Key retrieval is not part of the current map or set APIs, but if it’s not too much overhead you could use a TrieMap (or Java concurrent map) where the value is the same object as the first key that was inserted.

@ object Intern  {
    private val pool = collection.concurrent.TrieMap.empty[AnyRef, AnyRef]

    def apply[T](value: T): T = pool.getOrElseUpdate(value.asInstanceOf[AnyRef], value.asInstanceOf[AnyRef]).asInstanceOf[T]
  }
defined object Intern

@ val a = (1, 2)
a: (Int, Int) = (1, 2)

@ val b = (1, 2)
b: (Int, Int) = (1, 2)

@ a == b
res12: Boolean = true

@ a eq b
res13: Boolean = false

@ a eq Intern(a)
res14: Boolean = true

@ b eq Intern(b)
res15: Boolean = false

@ a eq Intern(b)
res16: Boolean = true

Is there a weak TrieMap ?

What are all the @ signs for?

There is no weak TrieMap, but you may be able to use a WeakReference to get the behavior you desire.
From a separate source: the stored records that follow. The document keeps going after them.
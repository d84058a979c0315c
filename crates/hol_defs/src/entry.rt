//! What is kept of each symbol.
use hol_name::Name;
use hol_term::TermId;
use hol_type::TypeId;

/// A symbol that is taken.
#[derive(Drop)]
pub(crate) enum Entry {
    /// A constant without a definition, which may be used at any type.
    InputConst(Name),
    /// An operator without a definition, with so many arguments.
    InputOp(Name, usize),
    /// A constant, the term that it stands for, and its generic type.
    Const(Name, TermId, TypeId),
    /// A type operator with its two constants.
    TypeOp(NewType),
}

/// The definition of a type operator.
#[derive(Drop)]
pub(crate) struct NewType {
    /// The operator.
    pub(crate) op: Name,
    /// The constant from the type of which it is a part.
    pub(crate) abs: Name,
    /// The constant to that type.
    pub(crate) rep: Name,
    /// The type variables that are its arguments, in their order.
    pub(crate) names: Vec<Name>,
    /// The type of which it is a part.
    pub(crate) whole: TypeId,
    /// The predicate that holds in the part.
    pub(crate) predicate: TermId,
    /// The generic type of `abs`.
    pub(crate) abs_type: TypeId,
    /// The generic type of `rep`.
    pub(crate) rep_type: TypeId,
}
The @ is copy/paste from an ammonite REPL session.

But how are you getting 100,000 independent copies of the same object?

The 100,000 is a pedagogical example. My data structure uses a weak value hash map to enforce structural identity, ie to assure by construction that all isomorphic objects are eq, making tree equivalence an O(1) operation.

Sadly the Java boss weak value hash map wastes what seems like a huge amount of memory. Therefore I’m investigating whether a weak key hash map might work. But to use a weak keys map I need to find the key given something that hashes to the same thing.

Does it make sense?

Seems like I may need to learn about implementing weak-references. They are magic to me.

I’m not exactly sure what is the purpose of this code; is it to demonstrate what you are trying to achieve in general?

In any case, it seems that you’re looking for reference equality (as mentioned by others). According to this SO question, you could use Java’s IdentityHashMap for this purpose, and potentially convert it to a Scala immutable map.

Can we make the java IdentityHashMap into a weak-reference hash map, so that objects which are not referenced elsewhere are subject to GC? I’ve never implemented weak-hash-tables but I’ve used them in Lisp. Taking a look at java-weak-reference I admit that I don’t understand java, and I don’t know how to use this information in Scala. Am I supposed to create a Map[] in Scala of Scala objects each wrapped by this java object? Will this allow the GC to remove objects from the Map[] when they are no longer referenced elsewhere? Or does it man I need to implement some class entirely in java and then import it into my Scala program?

I am not exactly sure what you are trying to achieve, or what is exactly your use case in which your JVM’s memory explodes.